Progressive reforms mean local government must now step up

When it comes to compliance, it’s not a case of one size fits all, writes Deborah Coram.

Deborah Coram

In the case of local government, the requirements – for Victoria at least – have changed dramatically with the introduction of the Local Government Act 2020, passed by State Government last year and inclusive of sweeping reforms designed to improve accountability, integrity, and transparency.

It comes off the back of a tumultuous decade for the state, where council government politics has been rocked by multiple sensational scandals.

There was the investigation into Casey Council, where a property developer allegedly bribed councillors to vote in favour of his projects. This led to the sacking of the Council and an ongoing criminal investigation.

Whittlesea Council was sacked in March last year, with the State Government monitor claiming the local government authority was “broken” after four years of scandals, police investigations and poor decision-making.

And South Gippsland Shire Council was sacked in June of 2019 after six resignations, conflict and dysfunction plagued the council for more than a year.

Big changes for councils

So, what does the Local Government Act 2020 mean for councils Victoria?

Touted as the most ambitious and comprehensive reform of Victorian local government in three decades, the new Act has five driving principles: community engagement; public transparency; strategic planning; financial management; and service performance.

Notably, the Act includes a mandatory councillor conduct framework which requires council CEOs to implement a publicly available code of conduct for councillors that is line with the underpinning principles in the new Act. This had to be in place by February of this year.
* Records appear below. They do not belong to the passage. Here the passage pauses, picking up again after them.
// Step 3: the targets in place.
fn lay<R: Rack>(
    rack: &mut R,
    losses: &mut Losses,
    skip: Option<DiskNo>,
    batch: &Batch,
) -> Result<(), Two>
    requires ready { AreTargetsReady skip (R.slot_count rack.old) (R.slot rack.old)
        (targets batch.now) }
    requires past_log { All (λ (t : TargetType). log_least ≤ t.place) (targets batch.now) }
    requires few { length batch.now ≤ batch_room }
    ensures slots { R.slot_count rack.new ≡ R.slot_count rack.old }
    ensures part { CommitPart R.Rack
        (UsesTarget skip batch.now) losses.old losses.new rack.old rack.new result }
    ensures still_synced { StaySyncedBut (λ d. (names_disk batch.now d ≡ true) × (skip ≢ Some d))
        (R.slot rack.old) (R.slot rack.new) }
    ensures crash { (j : Job) → IsSpelled j → job_gone j ≡ skip → j.batch ≡ batch.now
        → CrashSpecification (HoldsLate j) (LayIn j 0) (LayIn j (length batch.now))
        (R.told rack.old) (R.told rack.new) result }
{
    for at in 0..batch.count() {
        let target = batch.target(at as usize);
        put(
            rack,
            losses,
            skip,
            target.disk,
            target.place,
            batch.block(at as usize),
        )?;
    }
    Ok(())
}

// Step 3: a disk that has targets is synced.
fn sync_target_slot<R: Rack>(
    rack: &mut R,
    losses: &mut Losses,
    skip: Option<DiskNo>,
    batch: &Batch,
    disk: DiskNo,
) -> Result<(), Two>
    requires exists { disk < R.slot_count rack.old }
    requires ready { AreTargetsReady skip (R.slot_count rack.old) (R.slot rack.old)
        (targets batch.now) }
    ensures slots { R.slot_count rack.new ≡ R.slot_count rack.old }
    ensures part { CommitPart R.Rack
        (UsesTarget skip batch.now) losses.old losses.new rack.old rack.new result }
    ensures still_synced { StaySynced (R.slot rack.old) (R.slot rack.new) }
    ensures synced { names_disk batch.now disk ≡ true → skip ≢ Some disk
        → IsSyncedAt (R.slot rack.new) disk }
    ensures crash { (j : Job) → IsSpelled j → job_gone j ≡ skip → j.batch ≡ batch.now
        → CrashSpecification (HoldsLate j) (SyncIn j disk) (SyncIn j (disk + 1))
        (R.told rack.old) (R.told rack.new) result }
{
    if !batch.has_disk(disk) {
        return Ok(());
    }
    sync_slot(rack, losses, skip, disk)
}

// Step 3: each disk that has targets is synced, in ascending order.
fn sync_target_slots<R: Rack>(
    rack: &mut R,
    losses: &mut Losses,
    skip: Option<DiskNo>,
    batch: &Batch,
    disks: u8,
) -> Result<(), Two>
    requires exists { disks ≤ R.slot_count rack.old }
    requires ready { AreTargetsReady skip (R.slot_count rack.old) (R.slot rack.old)
        (targets batch.now) }
    requires below { All (λ (t : TargetType). t.disk < disks) (targets batch.now) }
    ensures slots { R.slot_count rack.new ≡ R.slot_count rack.old }
    ensures part { CommitPart R.Rack
        (UsesTarget skip batch.now) losses.old losses.new rack.old rack.new result }
    ensures still_synced { StaySynced (R.slot rack.old) (R.slot rack.new) }
    ensures synced { OnOk result ((d : ℕ) → names_disk batch.now d ≡ true → skip ≢ Some d
        → IsSyncedAt (R.slot rack.new) d) }
    ensures crash { (j : Job) → IsSpelled j → job_gone j ≡ skip → j.batch ≡ batch.now
        → CrashSpecification (HoldsLate j) (SyncIn j 0) (MarkStage j 0)
        (R.told rack.old) (R.told rack.new) result }
{
    for disk in 0..disks {
        sync_target_slot(rack, losses, skip, batch, disk)?;
    }
    Ok(())
}

// Step 1 on both log disks.
fn write_logs<R: Rack>(
    rack: &mut R,
    losses: &mut Losses,
    skip: Option<DiskNo>,
    batch: &Batch,
    list: &Block,
    meta: &Block,
) -> Result<(), Two>
    requires exists { 2 ≤ R.slot_count rack.old }
    requires log { IsLogReady skip (R.slot rack.old) }
    requires few { length batch.now ≤ batch_room }
    ensures leaves { SyncedPart R.Rack (UsesLog skip) losses.old losses.new rack.old rack.new
        result }
    ensures crash { (j : Job) → IsSpelled j → job_named j ≡ skip → j.batch ≡ batch.now
        → j.list ≡ list.now → j.spelled ≡ meta.now
        → CrashSpecification (HoldsEarly j) (LogStage j 0) (OpenStage j 0)
        (R.told rack.old) (R.told rack.new) result }
{
    write_log(rack, losses, skip, 0, batch, list, meta)?;
    write_log(rack, losses, skip, 1, batch, list, meta)
}

// Step 2 on both log disks, on one of them first.
fn open_gates<R: Rack>(
    rack: &mut R,
    losses: &mut Losses,
    skip: Option<DiskNo>,
    first: DiskNo,
) -> Result<(), Two>
    requires exists { 2 ≤ R.slot_count rack.old }
    requires log_disk { first < 2 }
    requires log { IsLogReady skip (R.slot rack.old) }
    ensures leaves { SyncedPart R.Rack (UsesLog skip) losses.old losses.new rack.old rack.new
        result }
    ensures crash { (j : Job) → IsSpelled j → job_named j ≡ skip → j.first ≡ first
        → CrashSpecification (HoldsEarly j) (OpenStage j 0) (LayIn j 0)
        (R.told rack.old) (R.told rack.new) result }
{
    let opened = gate(true);
    put_synced(rack, losses, skip, first, GATE, &opened)?;
    put_synced(rack, losses, skip, 1 - first, GATE, &opened) // before a target is touched
}

// Step 3.
pub fn lay_all<R: Rack>(
    rack: &mut R,
    losses: &mut Losses,
    skip: Option<DiskNo>,
    batch: &Batch,
    disks: u8,
) -> Result<(), Two>
    requires exists { disks ≤ R.slot_count rack.old }
    requires ready { AreTargetsReady skip (R.slot_count rack.old) (R.slot rack.old)
        (targets batch.now) }
    requires past_log { All (λ (t : TargetType). log_least ≤ t.place) (targets batch.now) }
    requires below { All (λ (t : TargetType). t.disk < disks) (targets batch.now) }
    requires few { length batch.now ≤ batch_room }
    ensures leaves { SyncedPart R.Rack
        (UsesTarget skip batch.now) losses.old losses.new rack.old rack.new result }
    ensures crash { (j : Job) → IsSpelled j → job_gone j ≡ skip → j.batch ≡ batch.now
        → CrashSpecification (HoldsLate j) (LayIn j 0) (MarkStage j 0)
        (R.told rack.old) (R.told rack.new) result }
{
    lay(rack, losses, skip, batch)?;
    sync_target_slots(rack, losses, skip, batch, disks)
}

// Steps 4 and 5 on both log disks.
pub fn finish<R: Rack>(
    rack: &mut R,
    losses: &mut Losses,
    skip: Option<DiskNo>,
    meta: &Block,
) -> Result<(), Two>
    requires exists { 2 ≤ R.slot_count rack.old }
    requires log { IsLogReady skip (R.slot rack.old) }
    ensures leaves { SyncedPart R.Rack (UsesLog skip) losses.old losses.new rack.old rack.new
        result }
    ensures crash { (j : Job) → IsSpelled j → job_named j ≡ skip → j.spelled ≡ meta.now
        → CrashSpecification (HoldsLate j) (MarkStage j 0) (CloseStage j 2)
        (R.told rack.old) (R.told rack.new) result }
{
    put_synced(rack, losses, skip, 0, META, meta)?;
    put_synced(rack, losses, skip, 1, META, meta)?; // before a gate closes
    let closed = gate(false);
    put_synced(rack, losses, skip, 0, GATE, &closed)?;
    put_synced(rack, losses, skip, 1, GATE, &closed)
}

// The five steps.
fn run<R: Rack>(
    rack: &mut R,
    losses: &mut Losses,
    meta: &Meta,
    batch: &Batch,
    list: &Block,
    spelled: &Block,
    first: DiskNo,
) -> Result<(), Two>
    requires log_disk { first < 2 }
    requires exists { meta.now.setup.geometry.disks ≤ R.slot_count rack.old }
    requires log { IsLogReady (named_out meta.now.out) (R.slot rack.old) }
    requires ready { AreTargetsReady (gone_out meta.now.out) (R.slot_count rack.old)
        (R.slot rack.old) (targets batch.now) }
    requires in_range { AreTargets meta.now.setup.geometry (targets batch.now) }
    ensures leaves { SyncedPart R.Rack
        (Uses meta.now batch.now) losses.old losses.new rack.old rack.new result }
    ensures crash { (start : Disks)
        → IsSpelled (job start meta.now batch.now spelled.now list.now first)
        → CrashSpecification (HoldsWhole (job start meta.now batch.now spelled.now list.now first))
        (LogStage (job start meta.now batch.now spelled.now list.now first) 0)
        (CloseStage (job start meta.now batch.now spelled.now list.now first) 2)
        (R.told rack.old) (R.told rack.new) result }
{
    let named = meta.out.named();
    write_logs(rack, losses, named, batch, list, spelled)?;
    open_gates(rack, losses, named, first)?;
    lay_all(
        rack,
        losses,
        meta.out.gone(),
        batch,
        meta.setup.geometry.disks,
    )?;
    finish(rack, losses, named, spelled)
}

// Sets a witness, if one is to be set. It answers against which log disk witness is borne then.
fn set_if_any<R: Rack>(
    rack: &mut R,
    losses: &mut Losses,
    meta: &Meta,
    witness: Option<Witness>,
    borne: Option<DiskNo>,
) -> Result<Option<DiskNo>, Two>
    requires exists { 2 < R.slot_count rack.old }
    ensures leaves { SyncedPart R.Rack
        (UsesWitness meta.now) losses.old losses.new rack.old rack.new result }
    ensures told { Ran (R.told rack.old) (R.told rack.new)
        (λ s cs. MaySetAny (R.slot rack.old) (gone_out meta.now.out) witness cs) }
    ensures known { IfOk result (λ then. IsBorneNow borne (R.told rack.old)
        → IsBorneNow then (R.told rack.new)) }
    ensures none { witness ≡ None → IfOk result (λ then. then ≡ borne) }
    ensures opens { (w : WitnessType) → witness ≡ Some w → w.opened ≡ true → IfOk result (λ then.
        (then ≡ Some w.disk) ⊎ CannotSet (R.slot rack.old) (gone_out meta.now.out) w.disk) }
{
    let Some(witness) = witness else {
        return Ok(borne);
    };
    set_witness(rack, losses, meta, witness)
}

// What is set before the steps. It answers against which log disk witness is borne then.
fn bear_before<R: Rack>(
    rack: &mut R,
    losses: &mut Losses,
    meta: &Meta,
    out: Bearing,
) -> Result<Option<DiskNo>, Two>
    requires exists { 2 < R.slot_count rack.old }
    requires absent { (d : ℕ) → out.absent ≡ Some d → is_present (R.slot rack.old d).power ≡ false }
    requires witness { (x : ℕ) → x < 2 → out.named ≡ Some x → named_out meta.now.out ≢ Some x
        → CanWrite (R.slot rack.old) 2 1 }
    ensures leaves { SyncedPart R.Rack
        (UsesWitness meta.now) losses.old losses.new rack.old rack.new result }
    ensures told { Ran
        (R.told rack.old) (R.told rack.new) (SetsBefore meta.now out.named out.borne) }
    ensures known { IfOk result (λ borne. IsBorneNow out.borne (R.told rack.old)
        → IsBorneNow borne (R.told rack.new)) }
    ensures borne { IfOk result (λ borne.
        KeepsBorne (R.told rack.old) (R.told rack.new) meta.now out.borne borne) }
    ensures stays { NoneJoins out.named (named_out meta.now.out) → (x : ℕ) → out.borne ≡ Some x
        → IfOk result (λ borne. borne ≡ Some x) }
{
    let witness = first_witness(out, meta.out.named());
    set_if_any(rack, losses, meta, witness, out.borne)
}

// What is set after them, unless two disks are down, by the log disk against which witness is
// borne. It answers against which one it is then.
fn bear_after<R: Rack>(
    rack: &mut R,
    losses: &mut Losses,
    meta: &Meta,
    borne: Option<DiskNo>,
) -> Result<Option<DiskNo>, Two>
    requires exists { 2 < R.slot_count rack.old }
    requires lost { (d : ℕ) → losses.old.lost ≡ Some d → (R.slot rack.old d).power ≡ Absent }
    ensures leaves { SyncedPart R.Rack
        (UsesWitness meta.now) losses.old losses.new rack.old rack.new result }
    ensures told { Ran (R.told rack.old) (R.told rack.new) (SetsAfter meta.now borne) }
    ensures known { IfOk result (λ then. IsBorneNow borne (R.told rack.old)
        → IsBorneNow then (R.told rack.new)) }
    ensures borne { OnOk result (BearsAtEnd (R.told rack.old) (R.told rack.new) meta.now borne
        losses.new.lost) }
    ensures knows { IfOk result (λ then. IsNoSecond losses.new.lost meta.now
        → IsKnown (R.slot rack.new) (or_else losses.new.lost (named_out meta.now.out)) then) }
{
    let named = meta.out.named();
    if find_second(losses.lost, named).is_some() {
        return Ok(borne);
    }
    let witness = last_witness(losses.lost, named, borne);
    set_if_any(rack, losses, meta, witness, borne)
}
Up next under the Act is the implementation of a conflict of interest framework that must be implemented and inducted by June 2021.

Also key is the provision of a clear accountability framework for good governance and decision-making.

Fundamentals of good governance

Part of good governance is having the right systems embedded to keep up with legislative changes, and training staff to understand and comply with the current legal requirements.

Compliance training is not a one-time activity, councils should be reviewing their operations to ensure they have rigorous processes in place to deliver long-term accountability and transparency.

Code of conduct documents are essential to any organisation but are only worth the paper they’re printed on if staff aren’t effectively trained.

Implementation of the new Local Government Act is a daunting task for leaders, but in time it will prove to be a welcome improvement for local government in Victoria.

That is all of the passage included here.